T1-weighted MR images of foot and lower leg were acquired using a 1.5 T (Signa HDxt, GE Healthcare UK Ltd., Buckinghamshire) and 3.0 T (Magnetom Skyra, Siemens Healthcare, Erlangen) MR system. Of all participants in this study, eleven participants were scanned by 1.5 T MRI, and the others (six participants) were scanned by 3.0 T MRI, due to the update of the MR system in Ritsumeikan university. To acquire the whole foot image, the participants lay in a supine position on the examination table of the MR systems with their dominant foot and ankle encased in the ankle coils (1.5 T MR system: HD Knee/Foot coil, GE Healthcare UK Ltd., Buckinghamshire; 3.0 T MR system: Foot/Ankle coil, Siemens Healthcare, Erlangen). To reduce motion artifacts during image acquisition, the foot and ankle were positioned in the coils and stabilized with Velcro straps so that the ankle was kept at an angle of 90 degrees of ankle plantarflexion (neutral position). Serial whole foot images were acquired from the sesamoids and calcaneal tuberosity of foot perpendicular to the plantar aspect of the foot, using a fast spin-echo sequence in 1.5 T MR system according to Chang et al. [18] (repetition time = 500 ms, echo time = 13 ms, slice thickness = 4 mm, gap between slices = 0 mm, field of view = 120 × 120 mm, flip angle = 90 degrees, matrix = 512 × 512) and 3.0 T MR system (repetition time = 700 ms, echo time = 12 ms, slice thickness = 3.5 mm, gap between slices = 0 mm, field of view =125 × 125 mm, flip angle =120 degrees, matrix = 1024 × 1024). The data acquisition time for foot was approximately 9 min. For the lower leg image, participants lay on the examination table and lower legs were placed parallel to the main magnetic field. Serial cross-sectional lower leg images were acquired from the knee cleft to just proximal to the malleoli (1.5 T MR system: repetition time = 600 ms, echo time = 7.7 ms, slice thickness = 10 mm, gap between slices = 0 mm, field of view = 360 × 360 mm, flip angle = 90 deg, matrix = 256 × 256; 3.0 T MR system: repetition time = 700 ms, echo time = 9.4 ms, slice thickness = 5 mm, gap between slices = 0 mm, field of view = 360 × 360 mm, flip angle = 120 deg, matrix = 1024 × 1024). The data acquisition time for each scan was approximately 3 min.

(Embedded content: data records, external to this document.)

ghost use Rattle.std.specs.Prelude.{◌≡◌, ◌^◌, ◌<◌, ◌≤◌, All, IfOk, OnOk, length};
ghost use Rattle.im_column.specs.Forms.{IsShort};

use crate::values::Cell::{Int, Null, Text};
use crate::values::{Cell, text, values_of};
use Shape::{Coded, Plain, Runs};
use im_column::{Column, Form};
use im_values::{NoMemory, Seen, Value};
use std::alloc::Global;
use std::test::Fail;

/// A form, with the width of its codes or with how many runs there are.
#[derive(Clone, Copy, PartialEq, Eq)]
pub enum Shape {
    Plain,
    Coded(u32),
    Runs(usize),
}

/// Values, each so many times, and the form and the bytes of their column.
///
/// NULL counts for 1 byte, a number for 9, a text of n bytes for 3 + n, a word of codes and a run for 8. Where two forms take the
/// same bytes, plain values come before codes, and codes before runs.
const CASES: [(&[(Cell, u32)], Shape, u64); 23] = [
    (&[], Plain, 0),
    (&[(Null, 1)], Coded(0), 0),
    (&[(Null, 2)], Coded(0), 0),
    (
        &[(Int(10), 1), (Int(20), 1), (Int(30), 1), (Int(50), 1)],
        Plain,
        36,
    ),
    (&[(Int(10), 1), (Int(20), 1), (Int(30), 1)], Plain, 27),
    (&[(Int(30), 1), (Int(20), 1), (Int(10), 1)], Plain, 27),
    (&[(Int(1), 1), (Null, 1), (Int(2), 1)], Plain, 19),
    (&[(Null, 8), (Int(7), 1)], Plain, 17),
    (&[(Null, 9), (Int(7), 1)], Coded(1), 17),
    (&[(Int(7), 64)], Coded(1), 17),
    (&[(Int(7), 65)], Runs(1), 17),
    (&[(Int(7), 100)], Runs(1), 17),
    (&[(Null, 70), (Int(5), 70)], Runs(2), 25),
    (&[(Int(5), 64), (Null, 64)], Coded(1), 25),
    (&[(Text(b"abcde"), 2)], Plain, 16),
    (&[(Text(b"abcdef"), 2)], Coded(1), 17),
    (&[(Text(b""), 3)], Plain, 9),
    (&[(Text(b"ab"), 3)], Coded(1), 13),
    (&[(Text(b"b"), 1), (Int(2), 1), (Null, 1)], Plain, 14),
    (&[(Text(b"2"), 30), (Int(2), 30), (Null, 30)], Coded(2), 37),
    (&[(Text(b"fifteen letters"), 40), (Null, 1)], Coded(1), 26),
    (&[(Int(i64::MIN), 2), (Int(i64::MAX), 3)], Coded(2), 26),
    (&[(Int(i64::MAX), 300), (Int(i64::MIN), 300)], Runs(2), 34),
];

/// The form that a column is kept in.
pub fn shape_of(column: &Column) -> Shape {
    match column.form() {
        Form::Plain(_) => Plain,
        Form::Coded(_, bits) => Coded(bits.width()),
        Form::Runs(_, runs) => Runs(runs.runs().len()),
    }
}

/// A column, at the second try where memory runs out at the first.
fn built(alloc: Global, values: &[Value]) -> Result<Column, NoMemory>
    requires few { length values.now < 2 ^ 31 }
    requires short { All IsShort values.now }
    ensures { IfOk result (λ column. column ≡ values.now) }
{
    if let Ok(column) = Column::build(alloc, values) {
        return Ok(column);
    }
    Column::build(alloc, values)
}

fn sum(values: &[Value]) -> i128 {
    let mut sum = 0i128;
    for value in values {
        if let Seen::Int(number) = value.seen() {
            sum = sum.wrapping_add(i128::from(number));
        }
    }
    sum
}

/// Whether a column has these values, one by one, and the bounds and the sum that a slow program finds.
fn agrees(column: &Column, values: &[Value]) -> bool {
    if column.len() != values.len() as u64 || column.is_empty() != values.is_empty() {
        return false;
    }
    for (i, value) in values.iter().enumerate() {
        if column.get(i as u64) != value {
            return false;
        }
    }
    let bounds = column.bounds();
    let some = |value: &&Value| **value != Value::null();
    bounds.least.as_ref() == values.iter().filter(some).min()
        && bounds.greatest.as_ref() == values.iter().filter(some).max()
        && bounds.nulls == values.iter().filter(|value| !some(value)).count() as u64
        && column.sum() == sum(values)
}

/// Whether the column of these values has this form and these bytes, and the values themselves.
fn is_kept(alloc: Global, values: &[Value], shape: Shape, bytes: u64) -> Result<bool, NoMemory>
    requires { All IsShort values.now }
{
    if values.len() >= 1_000_000 {
        return Ok(false);
    }
    let column = built(alloc, values)?;
    Ok(shape_of(&column) == shape && column.bytes() == bytes && agrees(&column, values))
}

#[test]
fn a_column_is_kept_in_the_form_of_the_least_bytes(rt: HostRuntime) -> Result<(), Fail> {
    for (i, (cells, shape, bytes)) in CASES.iter().enumerate() {
        let values = values_of(rt.alloc(), cells)?;
        assert!(rt;
            is_kept(rt.alloc(), values.as_slice(), *shape, *bytes)?,
            "case {i}"
        );
    }
    Ok(())
}

/// Distinct values: numbers so far apart, or texts of four bytes with numbers between them.
#[derive(Clone, Copy)]
enum Series {
    Numbers(i64),
    Mixed,
}

/// The value of a number in a series, and NULL for 0.
fn nth(alloc: Global, series: Series, number: u32) -> Result<Value, NoMemory>
    ensures { IfOk result IsShort }
{
    match series {
        _ if number == 0 => Ok(Value::null()),
        Series::Numbers(apart) => Ok(Value::int(i64::from(number).wrapping_mul(apart))),
        Series::Mixed if number % 2 == 0 => Ok(Value::int(i64::from(number))),
        Series::Mixed => text(alloc, &number.to_be_bytes()),
    }
}

/// NULL and the first so many values of a series, each three times at least, and no two side by side the same.
fn scattered(alloc: Global, series: Series, count: u32) -> Result<Vec<Value>, NoMemory>
    requires { count < 2 ^ 20 }
    ensures { IfOk result (λ values. All IsShort values.items) }
{
    let mut values = Vec::new(alloc);
    for i in 0..3 * (count + 1) + 64 {
        let number = u64::from(i) * 7919 % u64::from(count + 1);
        values.push(nth(alloc, series, number as u32)?)?;
    }
    Ok(values)
}

/// Whether the column of so many values of a series has codes of this width, and the values themselves.
fn has_width(alloc: Global, series: Series, count: u32, width: u32) -> Result<bool, NoMemory>
    requires { count < 2 ^ 20 }
{
    let values = scattered(alloc, series, count)?;
    if values.len() >= 1_000_000 {
        return Ok(false);
    }
    let column = built(alloc, values.as_slice())?;
    Ok(shape_of(&column) == Coded(width) && agrees(&column, values.as_slice()))
}

#[test]
fn a_column_has_codes_of_the_least_width(rt: HostRuntime) -> Result<(), Fail> {
    for width in 0..15 {
        for count in [(1u32 << width) / 2, (1u32 << width) - 1] {
            for series in [Series::Numbers(-1), Series::Numbers(1 << 40), Series::Mixed] {
                assert!(rt;
                    has_width(rt.alloc(), series, count, width)?,
                    "{count} values"
                );
            }
        }
    }
    Ok(())
}

/// Whether a column lends the values of a list from a place on, and NULL past the last one.
fn lends<'a>(column: &'a Column, values: &[Value], null: &'a Value, first: u64) -> bool {
    if first > column.len() {
        return false;
    }
    let mut lent = [null; 64];
    column.lend_from(first, &mut lent);
    for (k, value) in lent.iter().enumerate() {
        let place = (first as usize).saturating_add(k);
        if *value != values.get(place).unwrap_or(null) {
            return false;
        }
    }
    true
}

/// Whether the column of these values lends them from each place on, the one past the last among them.
fn lends_each(alloc: Global, values: &[Value]) -> Result<bool, NoMemory>
    requires { All IsShort values.now }
{
    if values.len() >= 1_000_000 {
        return Ok(false);
    }
    let column = built(alloc, values)?;
    let null = Value::null();
    for first in 0..column.len() + 1 {
        if !lends(&column, values, &null, first) {
            return Ok(false);
        }
    }
    Ok(true)
}

#[test]
fn a_column_lends_its_values_from_each_place_on(rt: HostRuntime) -> Result<(), Fail> {
    for (i, (cells, _, _)) in CASES.iter().enumerate() {
        let values = values_of(rt.alloc(), cells)?;
        assert!(rt; lends_each(rt.alloc(), values.as_slice())?, "case {i}");
    }
    // Of codes of 3, 10 and 14 bits.
    for count in [6, 1000, 8200] {
        let values = scattered(rt.alloc(), Series::Numbers(-1), count)?;
        assert!(rt;
            lends_each(rt.alloc(), values.as_slice())?,
            "{count} values"
        );
    }
    Ok(())
}

/// In which order the numbers of a list come: 1 and 2 in turn, or so many that rise from 1 and then NULLs.
#[derive(Clone, Copy)]
enum Order {
    InTurn,
    RisingThenNull(u32),
}

/// The number at a place, or 0 for NULL.
fn number_at(order: Order, place: u32) -> u32 {
    match order {
        Order::InTurn => place % 2 + 1,
        Order::RisingThenNull(rising) if place < rising => place.wrapping_add(1),
        Order::RisingThenNull(_) => 0,
    }
}

/// So many numbers and NULLs in an order.
fn ordered(alloc: Global, order: Order, count: u32) -> Result<Vec<Value>, NoMemory>
    ensures { IfOk result (λ values. All IsShort values.items) }
{
    let mut values = Vec::new(alloc);
    for place in 0..count {
        values.push(nth(alloc, Series::Numbers(1), number_at(order, place))?)?;
    }
    Ok(values)
}

/// 128 numbers count for 1,152 bytes, their codes have 8 bits, and 129 runs count for 1,032: as much as so many NULLs.
const ORDERED: [(Order, u32, Shape, u64); 4] = [
    (Order::InTurn, 64, Coded(2), 34),
    (Order::RisingThenNull(128), 1159, Plain, 2183),
    (Order::RisingThenNull(128), 1160, Plain, 2184),
    (Order::RisingThenNull(128), 1161, Runs(129), 2184),
];

#[test]
fn plain_values_come_before_as_many_bytes_of_runs(rt: HostRuntime) -> Result<(), Fail> {
    for (order, count, shape, bytes) in ORDERED {
        let values = ordered(rt.alloc(), order, count)?;
        assert!(rt;
            is_kept(rt.alloc(), values.as_slice(), shape, bytes)?,
            "{count} values"
        );
    }
    Ok(())
}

Whole foot and lower leg images were analyzed by using specially designed image analysis software (SliceOmatic 5.0Rev-3b, Tomovision Inc., Montreal). Seven plantar intrinsic foot muscles and two extrinsic foot muscles were separately segmented by one examiner (YK): FHB, FDB, ABH, adductor hallucis oblique head (ADDH-OH), adductor hallucis transverse head (ADDH-TH), abductor digiti minimi (ABDM) and quadratus plantae (QP), as plantar intrinsic foot muscles, and FHL and FDL as extrinsic foot muscles. The segmentation was manually performed in every image from the most proximal to the most distal image in which the muscle was visible (Fig. 1). Non-contractile tissues such as bone, tendon, fat, connective tissue, nerve tissue, and blood vessels were carefully excluded. Other plantar intrinsic foot muscles (e.g., lumbrical and flexor digiti minimi) were excluded from the analysis because these muscles could not be visually separated from each other.

Fig. 1
figure 1

MRI images of right foot. Original and analyzed MR images are shown at the left and right side, respectively. Panel a, b, and c indicate MRI cross-sectional images obtained at the level of the mid-shaft of the first metatarsal of the foot, tarsometatarsal (Lisfranc) joint, sustentaculum tail, respectively. ABDM (abductor digiti minimi), ABH (abductor hallucis), ADDH-OH (adductor hallucis oblique head), ADDH-TH (adductor hallucis transverse head), FDB (flexor digitorum brevis), FHB (flexor hallucis brevis), QP (quadratus plantae) were manually segmented

Foot length (FL) was determined as the distance between the medial calcaneal tuberosity and sesamoids bone of the first metatarsal in MR images [18]. The positions of all ACSAs of each intrinsic foot muscle were expressed relative to FL (0% FL: medial calcaneal tuberosity, 100% FL: sesamoids bone of the first metatarsal). Furthermore, lower leg length (LL) was determined as the distance between the most prominent point of the medial malleolus at the tibia and intercondylar eminence of tibia in MR images. The ACSAs of each extrinsic foot muscle were expressed relative to LL (0% LL: most prominent point of medial malleolus, 100% LL: intercondylar eminence of tibia).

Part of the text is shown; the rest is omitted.